Je ne répondis pas, me remémorant les évènements passés. Je me souvenais de m'être écroulé en sortant de l'eau, mais il ne me semblait pas être allé si loin sur le sable. Mon sauveur mystère avait dû me déplacer. Mais pourquoi n'être pas resté !? Je lui devais la vie, ce n'était pas rien... On parvint enfin au port où les autres nous attendaient, perché sur leurs chevaux. Carl se détacha de moi et je le regardais rejoindre sa monture. Il avait fait peur de gentillesse et cela me laissait penser qu'il n'était pas si dur qu'il voulait le faire paraître. Je chancelais jusqu'à Apache qui tendit la tête vers moi, frottant ses naseaux contre mes vêtements humides et salés. Je me hissais en selle et le convoi s'engagea dans la rue menant à l'Auberge. Une fois sur place, je voulus les suivre aux écuries et m'occuper de mon cheval, mais Sébastien protesta :

- Monte te coucher. Reposes toi, tu en as bien besoin. On part demain à l'aube...

Je hochais la tête, trop fatiguée pour répliquer, et me trainais à l'intérieur. L'Auberge était toujours aussi bondée et je sentis sur moi les regards curieux des clients. Mais je n'avais pas la force de m'en préoccuper et montais jusqu'à la chambre. Je m'enfermais à l'intérieure, elle était sobre mais élégante, et possédait deux lits. Je me rappelais alors que je la partageais avec Bridgess. Je filais sous la douche et restais vingt bonnes minutes sous le jet brûlant, tentant de décoller le sable de ma peau. Puis, je me glissais dans un pyjama douillet et sous les draps en soie. Je soupirais d'aise, et de fatigue.

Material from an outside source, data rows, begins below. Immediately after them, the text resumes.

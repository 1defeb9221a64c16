//! Drives of generated requests, and their lines. The numbers of 10,000 requests were worked out by another program.
ghost use Rattle.std.specs.Prelude.{◌≤◌};

use den_drive::drive;
use std::alloc::Global;
use std::test::Fail;

// Whether a drive of so many requests gives this line.
fn gives(alloc: Global, count: u32, line: &str) -> Result<bool, Fail>
    requires { count ≤ 1000000 }
{
    let report = drive(alloc, count)?;
    let given = report.line(alloc)?;
    Ok(given.as_str() == line)
}

#[test]
fn reports_drives(rt: HostRuntime) -> Result<(), Fail> {
    let alloc = rt.alloc();
    assert!(rt; gives(alloc, 0, "requests=0 keys=0 index=1 bytes=25\n")?);
    assert!(rt; gives(alloc, 1, "requests=1 keys=1 index=2 bytes=67\n")?);
    Ok(())
}

#[test]
fn reports_the_same_again(rt: HostRuntime) -> Result<(), Fail> {
    let alloc = rt.alloc();
    let line = "requests=10000 keys=665 index=7501 bytes=216241\n";
    assert!(rt; gives(alloc, 10_000, line)?);
    assert!(rt; gives(alloc, 10_000, line)?);
    Ok(())
}
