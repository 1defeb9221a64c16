//! Tests of what serves, by its public calls: runs of the engine over disks, links and clocks in memory.
//!
//! They stand in a crate of their own, since a crate with tests is proved twice, and apart from the tests of the
//! libraries below the engine, which need not wait for the server.
#![tactic(auto)]

#[cfg(test)]
mod configured;
#[cfg(test)]
mod drives;
#[cfg(test)]
mod forty;
#[cfg(test)]
mod leased;
#[cfg(test)]
mod requests;
#[cfg(test)]
mod server;
#[cfg(test)]
mod watch;
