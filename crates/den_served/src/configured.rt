//! Runs whose configuration is read from a source.
use crate::server::{NO_PAIR, PAIR, READ, is_joined, link_of};
use den_codec::{ConfigPlace, Error};
use den_disk::{Clock, Disk, Link, ListClock, MemDisk, MemSource, Source};
use den_server::StandaloneEngine;
use den_tests::Pieces;
use std::alloc::Global;
use std::test::Fail;

// A text that enables leases, and one whose interval is none.
const LEASES: &[u8] = b"[raft.state_machine.lease]\nenabled = true\ncleanup_interval_ms = 1\n";

const BAD_INTERVAL: &[u8] = b"[raft.state_machine.lease]\ncleanup_interval_ms = 0";
// A put of a = b with a time to live of one second, and its reply.
const PUT_FOR_ONE: &[u8] =
    b"\0\0\0\0\0\0\0\x20\x01\0\0\0\x01\x01\0\0\0\0\0\0\0\x01a\0\0\0\0\0\0\0\x01b\0\0\0\0\0\0\0\x01";

const WRITTEN: &[u8] = b"\0\0\0\0\0\0\0\x06\x01\0\0\0\x01\x01";

// How a run under the source ends: well, or for a reason.
fn end_of<S: Source, D: Disk, L: Link, C: Clock>(
    alloc: Global,
    conf: &mut S,
    disk: &mut D,
    link: &mut L,
    clock: &mut C,
) -> Option<Error> {
    match StandaloneEngine::run_with(alloc, conf, disk, link, clock) {
        Ok(()) => None,
        Err(error) => Some(error),
    }
}

// How a run of a put for a second and two reads ends, and whether it has sent this.
fn ends(
    alloc: Global,
    conf: &mut MemSource,
    disk: &mut MemDisk,
    sent: Pieces,
) -> Result<(Option<Error>, bool), Fail> {
    let mut link = link_of(alloc, &[PUT_FOR_ONE, READ, READ], &[])?;
    let mut clock = ListClock::new([1000, 1000, 1999, 2000].to_vec(alloc)?);
    let ended = end_of(alloc, conf, disk, &mut link, &mut clock);
    Ok((ended, is_joined(link.sent(), sent)))
}

// Whether it ends so, and has sent this.
fn ends_so(
    alloc: Global,
    mut conf: MemSource,
    ended: Option<Error>,
    sent: Pieces,
) -> Result<bool, Fail> {
    let mut disk = MemDisk::new(alloc);
    let found = ends(alloc, &mut conf, &mut disk, sent)?;
    Ok(found.0 == ended && found.1)
}

// Leases by a text; a key that is refused; and a source that is not read.
#[test]
fn runs_under_a_text(rt: HostRuntime) -> Result<(), Fail> {
    let conf = MemSource::new(LEASES.to_vec(rt.alloc())?);
    assert!(rt; ends_so(rt.alloc(), conf, None, &[WRITTEN, PAIR, NO_PAIR])?);
    let conf = MemSource::new(BAD_INTERVAL.to_vec(rt.alloc())?);
    let refused = Some(Error::Config(ConfigPlace::CleanupInterval));
    assert!(rt; ends_so(rt.alloc(), conf, refused, &[])?);
    let mut conf = MemSource::new(LEASES.to_vec(rt.alloc())?);
    conf.fail_after(0);
    assert!(rt; ends_so(rt.alloc(), conf, Some(Error::ConfigFault), &[])?);
    Ok(())
}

Bridgess me rejoignit bientôt et s'installa sur son lit en me dévisageant en silence. Elle finit par déclarer :

- Les Gardiens d'une même équipe possède une marque semblable sur la clavicule. Ça nous permet de savoir où se trouvent les membres de notre groupe en toute circonstance... Tu as eu beaucoup de chance aujourd'hui, Laïa... On aurait pu arriver trop tard et tu serais morte durant la nuit. Alors j'en ai discuté avec les autres et nous avons décidé que lorsque tu iras mieux, nous appliquerons la marque sur toi. Tu seras un membre officiel de l'élite.

Mon coeur fit un bond dans ma poitrine et un sourire enchanté naquit sur les lèvres. Mais j'étais si fatiguée que je ne pus que hocher la tête. La Gardienne sourit et se leva avant de disparaître dans la salle de bain. Ma tête se mit alors à tourner et je fermais les yeux, l'esprit bouillant.

J'avais faillis mourir aujourd'hui. Tuée par un démon, alors que la veille encore je pensais qu'il n'y en avait pas à Éden. Je serais morte noyée, loin de ma famille. Ma grand mère me manquait, Lewis me manquait, même les attitudes désintéressées de mon père me manquaient. Mais ce soir, Bridgess m'avait dit qu'elle souhaitait que je rejoigne l'élite. Moi, faire partit de l'élite ! J'accomplissais mon plus grand rêve. Alors je me répétais que demain serait un jour meilleur.